Synthesize API

The Synthesize endpoint retrieves compressed, relevant context from all memory layers for a given query. This is how your agent recalls what it has learned.

When you call Synthesize, the retrieval engine searches across recent events, compiled artifacts, and entity knowledge. It ranks results using an 8-signal scoring system (semantic similarity, temporal recency, frequency, salience, provenance quality, entity overlap, session relevance, and confidence). Results are then packed into a context pack that fits within your specified token budget.
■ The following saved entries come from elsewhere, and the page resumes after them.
//! The configuration as one value: its tables, read by id or whole.
//!
//! Ids are places in the tables. `specs/Configuration` has the tables and the ranges,
//! lengths, order and references of each row, `specs/Word` the words of planned faults. Every
//! `Config` is one that a text can have: `of_parts` requires that it is sound, nothing changes a
//! configuration afterwards, and `know_soundness` gives the fact to a caller. Nothing here reads or prints
//! a text.
#![tactic(auto)]

mod config;
mod named;
mod row;
mod tenant;

pub use config::Config;
pub use named::{Named, Numbered};
pub use row::{
    Fault, FaultKind, Job, Label, LabelList, Name, NumberList, Offer, OfferList, Pool, Provider,
    Requester, Sem, SemList, Tenant,
};
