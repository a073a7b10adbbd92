//! Rows that go by a name or by a number.

ghost use Rattle.std.specs.Prelude.{◌≡◌, List, ℕ};

use crate::row::{Job, Label, Offer, Pool, Provider, Requester, Sem, Tenant};
use np_text::SemId;

/// Something with a name.
pub trait Named: Drop {
    ghost name: { Self → List ℕ };

    fn name(&self) -> &[u8]
        ensures { result.now ≡ name self.now };
}

/// Something with a number.
pub trait Numbered: Drop {
    ghost number: { Self → ℕ };

    fn number(&self) -> u16
        ensures { result ≡ number self.now };
}

impl Named for Label {
    ghost name = { λ row. row.name };

    fn name(&self) -> &[u8] {
        self.name.items()
    }
}

impl Named for Provider {
    ghost name = { λ row. row.name };

    fn name(&self) -> &[u8] {
        self.name.items()
    }
}

impl Named for Pool {
    ghost name = { λ row. row.name };

    fn name(&self) -> &[u8] {
        self.name.items()
    }
}

impl Named for Sem {
    ghost name = { λ row. row.name };

    fn name(&self) -> &[u8] {
        self.name.items()
    }
}

impl Named for Tenant {
    ghost name = { λ row. row.name };

    fn name(&self) -> &[u8] {
        self.name.items()
    }
}

impl Named for Requester {
    ghost name = { λ row. row.name };

    fn name(&self) -> &[u8] {
        self.name.items()
    }
}

impl Named for Job {
    ghost name = { λ row. row.name };

    fn name(&self) -> &[u8] {
        self.name.items()
    }
}

impl Numbered for Offer {
    ghost number = { λ offer. offer.label.0 };

    fn number(&self) -> u16 {
        self.label.0
    }
}

impl Numbered for SemId {
    ghost number = { λ semaphore. semaphore.0 };

    fn number(&self) -> u16 {
        self.0
    }
}
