//! The tenant that no text lists.

ghost use Rattle.std.specs.Prelude.{◌≡◌, IfOk};
ghost use Rattle.np_config.specs.Configuration.{default_tenant};

use crate::{Name, Tenant};
use np_amount::Limit;
use std::alloc::{AllocError, Global};

/// The tenant of the jobs that name none.
pub(crate) fn default_tenant(alloc: Global) -> Result<Tenant, AllocError>
    ensures { IfOk result (λ t. t ≡ default_tenant) }
{
    let name = Vec::from_slice(alloc, b"default")?;
    Ok(Tenant {
        name: Name::new(name),
        limit: Limit::NO_LIMIT,
    })
}
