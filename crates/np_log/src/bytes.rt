//! Records as bytes.

ghost use Rattle.std.specs.Prelude.{◌≡◌, ◌≤◌, ◌<◌, ◌^◌, length, IfOk, OnOk};
ghost use Rattle.std.specs.List.{AllByRecursion};
ghost use Rattle.np_log.specs.Lower.{HasEventLine};
ghost use Rattle.np_log.specs.Batch.{batch_text};
ghost use Rattle.np_log.specs.Writing.{record_and_gate};

use np_event::{Event, put_event};
use np_text::NoMemory;
use std::alloc::Global;

/// The lines of these events, each with its newline.
pub(crate) fn batch_text(alloc: Global, events: &[Event]) -> Result<Vec<u8>, NoMemory>
    requires { AllByRecursion HasEventLine events.now }
    ensures { IfOk result (λ text. text.items ≡ batch_text events.now) }
{
    let mut text = Vec::new(alloc);
    for event in events {
        put_event(&mut text, *event)?;
        text.push(b'\n')?;
    }
    Ok(text)
}

/// A record with this payload, and a closed gate behind it.
pub(crate) fn record_and_gate(alloc: Global, payload: &[u8]) -> Result<Vec<u8>, NoMemory>
    requires { length payload.now < 2 ^ 32 }
    ensures { IfOk result (λ bytes. bytes.items ≡ record_and_gate payload.now) }
{
    let size = payload.len() as u32;
    let mut bytes = Vec::with_capacity(alloc, payload.len() + 5)?;
    bytes.extend_from_slice(&size.to_be_bytes())?;
    bytes.extend_from_slice(payload)?;
    bytes.push(0)?;
    Ok(bytes)
}

/// The record of these events, and a closed gate behind it.
#[tactic(auto, using(crate::proofs::Writes::batch_fits))]
pub(crate) fn batch_record(alloc: Global, events: &[Event]) -> Result<Vec<u8>, NoMemory>
    requires few { length events.now ≤ 64 }
    requires lines { AllByRecursion HasEventLine events.now }
    ensures short { OnOk result (length (batch_text events.now) < 2 ^ 32) }
    ensures bytes { IfOk result (λ bytes. bytes.items ≡ record_and_gate (batch_text events.now)) }
{
    let payload = batch_text(alloc, events)?;
    record_and_gate(alloc, &payload)
}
The output is organized into sections (procedures, failures, decisions, facts, causal patterns) so your agent receives structured, actionable context rather than a raw dump of memories.

POST /v1/synthesize

curl -X POST https://api.hippocortex.dev/v1/synthesize \
  -H "Authorization: Bearer hx_live_..." \
  -H "Content-Type: application/json" \
  -d '{
    "query": "deploy payment service to production",
    "options": {
      "maxTokens": 8000,
      "sections": ["procedures", "failures", "decisions"],
      "minConfidence": 0.5,
      "includeProvenance": true
    }
  }'

Request Body

Field	Type	Default	Description
`query`	string	(required)	The query to synthesize context for
`options.maxTokens`	number	4000	Token budget for the response
`options.sections`	string[]	all	Which sections to include
`options.minConfidence`	number	0.3	Minimum confidence threshold (0-1)
`options.includeProvenance`	boolean	true	Attach source references

Available Sections

Section	What It Contains
`procedures`	Relevant task schemas and step sequences
`failures`	Failure playbooks matching the query
`decisions`	Decision policies and conditional rules
`facts`	Known facts and entity information
`causal`	Causal patterns and relationships
`context`	General background context

Response

{
  "ok": true,
  "data": {
    "packId": "pack-abc123",
    "entries": [
      {
        "section": "procedures",
        "content": "To deploy the payment service to production:\n1. Run test suite\n2. Build Docker image\n3. Push to registry\n4. Update deployment\n5. Verify health check",
        "confidence": 0.87,
        "provenance": [
          {
            "sourceType": "artifact",
            "sourceId": "art-deploy-001",
            "artifactType": "task_schema",
            "evidenceCount": 12
          }
        ]
      },
      {
        "section": "failures",
        "content": "Known issue: deployment can fail if Redis connection pool is exhausted. Recovery: restart Redis and increase pool size.",
        "confidence": 0.92,
        "provenance": [...]
      }
    ],
    "budget": {
      "limit": 8000,
      "used": 3200,
      "compressionRatio": 12.5,
      "entriesIncluded": 5,
      "entriesDropped": 2
    }
  }
}

The budget object shows how the token budget was allocated. compressionRatio indicates how much raw knowledge was compressed to fit. entriesDropped shows how many lower-ranked entries were excluded to stay within budget.

How Retrieval Works

The retrieval engine evaluates each candidate memory against 8 signals:

Semantic similarity to the query
Temporal recency (recent memories score higher)
Frequency of the pattern across events
Salience of the source events
Provenance quality (how well-supported the knowledge is)
Entity overlap with the query
Session relevance (same session context scores higher)
Confidence of the compiled artifact

Results are sorted by combined score, then packed into sections until the token budget is exhausted. Higher-confidence entries are included first.

Best Practices

Set appropriate token budgets. Account for your model's context window minus your prompt and expected output.
Use section filters when you only need specific types of context (e.g., only procedures and failures for a deployment task).
Check the budget response. If entriesDropped is high, consider increasing maxTokens or narrowing the query.
Use provenance for debugging. The sourceId links back to the artifact that produced each entry, which traces further to source events.